> _Description of the task_:
Bring together all lines of the material below that contain the string "MemDisk".

> _Source material_:
--------------------------------

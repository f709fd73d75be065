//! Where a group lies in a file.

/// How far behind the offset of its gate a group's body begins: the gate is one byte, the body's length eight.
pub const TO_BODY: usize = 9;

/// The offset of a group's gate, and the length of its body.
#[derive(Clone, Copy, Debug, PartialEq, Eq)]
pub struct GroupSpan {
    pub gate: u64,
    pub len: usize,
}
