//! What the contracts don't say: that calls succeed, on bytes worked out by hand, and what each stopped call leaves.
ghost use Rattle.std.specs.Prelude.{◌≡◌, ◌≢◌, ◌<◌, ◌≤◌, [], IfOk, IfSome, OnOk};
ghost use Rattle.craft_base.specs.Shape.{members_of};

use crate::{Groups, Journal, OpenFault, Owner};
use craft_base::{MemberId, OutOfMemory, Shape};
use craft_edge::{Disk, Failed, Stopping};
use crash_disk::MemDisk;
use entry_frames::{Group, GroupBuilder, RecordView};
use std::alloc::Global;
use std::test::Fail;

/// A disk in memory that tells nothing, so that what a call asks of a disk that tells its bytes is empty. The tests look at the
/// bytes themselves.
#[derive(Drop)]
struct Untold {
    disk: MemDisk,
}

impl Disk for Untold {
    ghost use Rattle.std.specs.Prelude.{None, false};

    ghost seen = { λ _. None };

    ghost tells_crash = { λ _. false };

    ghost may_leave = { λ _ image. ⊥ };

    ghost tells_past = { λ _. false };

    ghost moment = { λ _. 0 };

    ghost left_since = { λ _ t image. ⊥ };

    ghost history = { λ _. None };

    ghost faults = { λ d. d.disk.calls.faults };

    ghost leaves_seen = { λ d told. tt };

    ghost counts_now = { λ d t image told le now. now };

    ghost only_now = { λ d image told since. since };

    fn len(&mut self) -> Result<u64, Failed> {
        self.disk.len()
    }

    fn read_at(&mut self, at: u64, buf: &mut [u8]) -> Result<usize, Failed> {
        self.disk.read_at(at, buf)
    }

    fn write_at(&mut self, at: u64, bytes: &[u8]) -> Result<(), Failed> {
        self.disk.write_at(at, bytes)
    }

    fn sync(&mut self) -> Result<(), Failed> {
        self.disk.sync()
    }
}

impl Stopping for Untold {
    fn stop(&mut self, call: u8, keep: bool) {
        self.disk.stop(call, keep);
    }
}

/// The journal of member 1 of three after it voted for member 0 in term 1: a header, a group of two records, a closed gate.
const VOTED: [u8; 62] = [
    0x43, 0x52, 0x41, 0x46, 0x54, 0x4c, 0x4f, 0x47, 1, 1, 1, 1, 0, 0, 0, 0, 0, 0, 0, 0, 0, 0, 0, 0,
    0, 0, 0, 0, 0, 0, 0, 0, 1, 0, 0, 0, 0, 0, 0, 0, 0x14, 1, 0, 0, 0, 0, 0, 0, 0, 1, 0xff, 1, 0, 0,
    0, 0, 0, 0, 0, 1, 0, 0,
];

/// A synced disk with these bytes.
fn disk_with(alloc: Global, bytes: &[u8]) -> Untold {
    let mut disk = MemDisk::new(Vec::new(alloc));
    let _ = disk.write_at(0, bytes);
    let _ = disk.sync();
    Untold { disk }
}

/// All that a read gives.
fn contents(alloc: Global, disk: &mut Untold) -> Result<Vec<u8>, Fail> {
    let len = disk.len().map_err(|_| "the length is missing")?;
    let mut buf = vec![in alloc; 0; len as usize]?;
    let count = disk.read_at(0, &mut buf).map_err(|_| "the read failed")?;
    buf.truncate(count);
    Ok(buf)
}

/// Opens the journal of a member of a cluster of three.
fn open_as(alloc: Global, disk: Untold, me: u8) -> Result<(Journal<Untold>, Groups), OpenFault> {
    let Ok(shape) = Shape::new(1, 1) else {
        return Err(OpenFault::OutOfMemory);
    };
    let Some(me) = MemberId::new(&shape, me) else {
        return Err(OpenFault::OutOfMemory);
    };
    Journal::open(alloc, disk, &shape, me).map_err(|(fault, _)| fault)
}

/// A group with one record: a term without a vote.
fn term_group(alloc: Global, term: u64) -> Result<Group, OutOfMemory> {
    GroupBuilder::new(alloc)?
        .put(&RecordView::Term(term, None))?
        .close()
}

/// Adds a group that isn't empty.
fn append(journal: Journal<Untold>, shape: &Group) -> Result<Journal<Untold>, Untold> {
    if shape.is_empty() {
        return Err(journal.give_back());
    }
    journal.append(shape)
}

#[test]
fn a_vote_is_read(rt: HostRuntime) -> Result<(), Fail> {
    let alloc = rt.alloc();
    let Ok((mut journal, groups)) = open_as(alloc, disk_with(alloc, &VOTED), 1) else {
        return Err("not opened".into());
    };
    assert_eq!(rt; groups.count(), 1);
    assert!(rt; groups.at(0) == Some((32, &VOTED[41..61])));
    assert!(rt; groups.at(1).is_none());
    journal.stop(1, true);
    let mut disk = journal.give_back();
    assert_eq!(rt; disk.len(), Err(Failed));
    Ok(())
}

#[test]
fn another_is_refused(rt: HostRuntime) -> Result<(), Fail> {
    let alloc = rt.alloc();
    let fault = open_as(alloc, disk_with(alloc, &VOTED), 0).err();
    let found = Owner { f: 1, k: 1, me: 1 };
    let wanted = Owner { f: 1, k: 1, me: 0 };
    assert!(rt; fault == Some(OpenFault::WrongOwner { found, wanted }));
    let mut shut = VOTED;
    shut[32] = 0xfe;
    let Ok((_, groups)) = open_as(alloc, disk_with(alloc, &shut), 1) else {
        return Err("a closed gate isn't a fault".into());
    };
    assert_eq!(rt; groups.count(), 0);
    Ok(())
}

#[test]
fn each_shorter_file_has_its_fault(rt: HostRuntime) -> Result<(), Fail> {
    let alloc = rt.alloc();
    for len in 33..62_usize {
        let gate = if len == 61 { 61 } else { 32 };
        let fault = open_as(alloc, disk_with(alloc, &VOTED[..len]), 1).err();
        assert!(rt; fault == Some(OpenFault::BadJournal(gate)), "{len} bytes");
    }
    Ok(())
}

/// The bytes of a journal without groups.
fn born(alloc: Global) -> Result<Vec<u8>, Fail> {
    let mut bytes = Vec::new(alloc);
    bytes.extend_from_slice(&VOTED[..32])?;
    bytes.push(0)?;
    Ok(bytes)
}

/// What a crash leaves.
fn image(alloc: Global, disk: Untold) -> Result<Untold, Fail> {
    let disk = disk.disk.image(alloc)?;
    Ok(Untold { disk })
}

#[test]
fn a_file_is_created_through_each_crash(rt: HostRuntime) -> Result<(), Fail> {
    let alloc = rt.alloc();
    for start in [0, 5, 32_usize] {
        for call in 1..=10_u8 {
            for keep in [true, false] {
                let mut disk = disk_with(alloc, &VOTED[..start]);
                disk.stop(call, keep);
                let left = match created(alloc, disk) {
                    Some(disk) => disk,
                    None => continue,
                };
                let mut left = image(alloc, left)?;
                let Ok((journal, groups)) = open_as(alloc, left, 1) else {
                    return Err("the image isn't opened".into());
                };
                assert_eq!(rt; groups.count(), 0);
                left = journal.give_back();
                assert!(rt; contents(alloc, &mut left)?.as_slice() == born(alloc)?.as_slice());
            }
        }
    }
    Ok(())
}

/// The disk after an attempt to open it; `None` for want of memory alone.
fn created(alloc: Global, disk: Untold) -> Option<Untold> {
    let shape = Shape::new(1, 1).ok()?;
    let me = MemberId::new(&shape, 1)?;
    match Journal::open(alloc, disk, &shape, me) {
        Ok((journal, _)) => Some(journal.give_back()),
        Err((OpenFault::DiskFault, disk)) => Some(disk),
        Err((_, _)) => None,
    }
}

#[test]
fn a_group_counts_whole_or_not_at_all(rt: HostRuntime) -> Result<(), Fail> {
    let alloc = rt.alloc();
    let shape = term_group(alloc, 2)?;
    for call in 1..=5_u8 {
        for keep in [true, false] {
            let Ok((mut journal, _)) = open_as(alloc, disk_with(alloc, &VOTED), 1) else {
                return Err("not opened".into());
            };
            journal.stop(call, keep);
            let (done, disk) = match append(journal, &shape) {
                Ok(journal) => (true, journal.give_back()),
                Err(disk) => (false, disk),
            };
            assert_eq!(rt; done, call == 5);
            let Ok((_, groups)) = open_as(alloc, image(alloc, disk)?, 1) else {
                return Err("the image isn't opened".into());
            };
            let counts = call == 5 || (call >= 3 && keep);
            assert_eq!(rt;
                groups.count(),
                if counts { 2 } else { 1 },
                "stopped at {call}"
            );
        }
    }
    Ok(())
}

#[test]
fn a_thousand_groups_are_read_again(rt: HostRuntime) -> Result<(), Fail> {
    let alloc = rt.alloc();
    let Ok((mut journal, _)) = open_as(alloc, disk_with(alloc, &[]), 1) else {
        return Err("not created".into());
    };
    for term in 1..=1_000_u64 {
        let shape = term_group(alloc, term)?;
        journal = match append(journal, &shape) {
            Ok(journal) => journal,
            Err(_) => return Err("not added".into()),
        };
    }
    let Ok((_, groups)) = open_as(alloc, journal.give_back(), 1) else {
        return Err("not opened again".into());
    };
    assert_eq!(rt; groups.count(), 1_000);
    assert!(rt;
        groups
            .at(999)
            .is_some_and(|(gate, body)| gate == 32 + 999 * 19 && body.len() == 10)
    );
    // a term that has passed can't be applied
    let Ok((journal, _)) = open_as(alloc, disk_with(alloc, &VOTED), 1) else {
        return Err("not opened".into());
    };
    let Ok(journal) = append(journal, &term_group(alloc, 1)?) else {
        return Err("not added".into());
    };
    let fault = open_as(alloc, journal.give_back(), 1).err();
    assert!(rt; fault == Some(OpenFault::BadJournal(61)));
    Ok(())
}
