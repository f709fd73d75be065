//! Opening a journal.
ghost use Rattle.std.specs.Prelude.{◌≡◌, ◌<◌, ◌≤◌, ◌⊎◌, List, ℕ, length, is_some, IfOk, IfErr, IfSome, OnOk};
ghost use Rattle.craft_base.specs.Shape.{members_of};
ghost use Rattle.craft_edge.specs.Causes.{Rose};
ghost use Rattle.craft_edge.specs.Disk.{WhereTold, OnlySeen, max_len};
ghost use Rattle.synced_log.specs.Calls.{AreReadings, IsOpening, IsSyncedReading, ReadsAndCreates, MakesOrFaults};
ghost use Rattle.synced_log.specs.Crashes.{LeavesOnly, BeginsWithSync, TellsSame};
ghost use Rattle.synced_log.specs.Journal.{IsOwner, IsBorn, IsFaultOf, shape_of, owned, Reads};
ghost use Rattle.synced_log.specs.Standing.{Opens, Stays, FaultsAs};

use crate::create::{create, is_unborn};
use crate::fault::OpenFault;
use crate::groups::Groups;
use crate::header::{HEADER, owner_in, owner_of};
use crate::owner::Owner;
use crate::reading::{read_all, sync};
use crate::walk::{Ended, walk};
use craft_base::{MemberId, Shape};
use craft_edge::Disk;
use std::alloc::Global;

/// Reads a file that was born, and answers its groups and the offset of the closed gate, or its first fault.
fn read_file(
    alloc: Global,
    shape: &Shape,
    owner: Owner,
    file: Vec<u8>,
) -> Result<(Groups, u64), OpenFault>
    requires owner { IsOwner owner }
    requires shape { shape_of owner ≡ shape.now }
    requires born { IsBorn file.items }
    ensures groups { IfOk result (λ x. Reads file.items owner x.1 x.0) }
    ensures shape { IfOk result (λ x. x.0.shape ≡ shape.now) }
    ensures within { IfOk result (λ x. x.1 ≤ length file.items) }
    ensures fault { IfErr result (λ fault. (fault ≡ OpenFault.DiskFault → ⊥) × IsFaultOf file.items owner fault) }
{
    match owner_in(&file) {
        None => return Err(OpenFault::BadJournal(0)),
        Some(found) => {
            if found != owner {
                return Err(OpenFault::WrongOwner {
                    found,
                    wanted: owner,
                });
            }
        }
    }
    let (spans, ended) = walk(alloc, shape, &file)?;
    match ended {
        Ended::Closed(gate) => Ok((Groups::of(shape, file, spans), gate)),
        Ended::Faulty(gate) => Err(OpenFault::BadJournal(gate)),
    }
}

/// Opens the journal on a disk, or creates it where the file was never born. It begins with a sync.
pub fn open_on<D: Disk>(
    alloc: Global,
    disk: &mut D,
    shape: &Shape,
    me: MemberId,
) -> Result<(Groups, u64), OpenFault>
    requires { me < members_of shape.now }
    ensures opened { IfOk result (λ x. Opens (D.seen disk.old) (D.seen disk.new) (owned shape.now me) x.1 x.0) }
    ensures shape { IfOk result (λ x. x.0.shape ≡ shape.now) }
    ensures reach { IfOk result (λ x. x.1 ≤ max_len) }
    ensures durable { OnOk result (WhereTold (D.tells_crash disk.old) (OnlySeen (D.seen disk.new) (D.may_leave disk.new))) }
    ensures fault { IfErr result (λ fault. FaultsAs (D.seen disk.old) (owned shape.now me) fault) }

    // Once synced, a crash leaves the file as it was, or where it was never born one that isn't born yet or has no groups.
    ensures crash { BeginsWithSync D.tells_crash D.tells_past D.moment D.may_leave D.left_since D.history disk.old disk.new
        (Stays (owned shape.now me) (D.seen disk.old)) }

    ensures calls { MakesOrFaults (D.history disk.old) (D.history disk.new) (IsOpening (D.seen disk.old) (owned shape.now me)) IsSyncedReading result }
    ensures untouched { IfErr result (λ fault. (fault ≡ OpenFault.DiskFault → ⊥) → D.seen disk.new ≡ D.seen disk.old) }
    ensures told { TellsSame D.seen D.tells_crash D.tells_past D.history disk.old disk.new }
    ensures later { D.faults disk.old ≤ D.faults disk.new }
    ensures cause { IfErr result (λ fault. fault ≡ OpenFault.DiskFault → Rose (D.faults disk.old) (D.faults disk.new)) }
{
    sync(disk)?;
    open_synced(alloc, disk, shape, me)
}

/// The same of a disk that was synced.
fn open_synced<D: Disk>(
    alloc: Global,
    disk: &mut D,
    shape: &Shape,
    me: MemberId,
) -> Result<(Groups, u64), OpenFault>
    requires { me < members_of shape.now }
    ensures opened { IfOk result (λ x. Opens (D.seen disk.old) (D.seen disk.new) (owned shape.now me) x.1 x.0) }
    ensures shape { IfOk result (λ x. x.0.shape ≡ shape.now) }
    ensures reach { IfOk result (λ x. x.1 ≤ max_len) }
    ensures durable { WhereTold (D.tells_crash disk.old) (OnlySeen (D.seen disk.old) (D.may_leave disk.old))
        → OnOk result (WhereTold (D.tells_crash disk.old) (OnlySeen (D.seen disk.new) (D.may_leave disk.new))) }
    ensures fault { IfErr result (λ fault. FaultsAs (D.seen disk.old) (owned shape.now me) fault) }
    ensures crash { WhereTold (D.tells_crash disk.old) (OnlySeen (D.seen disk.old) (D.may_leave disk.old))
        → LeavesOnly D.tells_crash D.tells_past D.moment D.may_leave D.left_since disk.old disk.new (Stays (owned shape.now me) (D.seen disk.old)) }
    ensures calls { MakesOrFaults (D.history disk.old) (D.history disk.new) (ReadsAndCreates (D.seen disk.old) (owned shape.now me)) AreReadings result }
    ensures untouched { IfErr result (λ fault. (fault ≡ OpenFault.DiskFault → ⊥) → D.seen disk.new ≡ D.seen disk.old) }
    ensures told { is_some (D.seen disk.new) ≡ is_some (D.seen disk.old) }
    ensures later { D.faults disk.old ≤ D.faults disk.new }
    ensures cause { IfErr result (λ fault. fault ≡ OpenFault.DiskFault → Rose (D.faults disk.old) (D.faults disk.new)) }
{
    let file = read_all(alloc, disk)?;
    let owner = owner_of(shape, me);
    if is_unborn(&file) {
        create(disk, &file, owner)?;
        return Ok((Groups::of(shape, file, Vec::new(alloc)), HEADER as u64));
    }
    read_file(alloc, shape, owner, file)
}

--------------------------------

> _Solution below_:
use crash_disk::MemDisk;
    disk: MemDisk,
    let mut disk = MemDisk::new(Vec::new(alloc));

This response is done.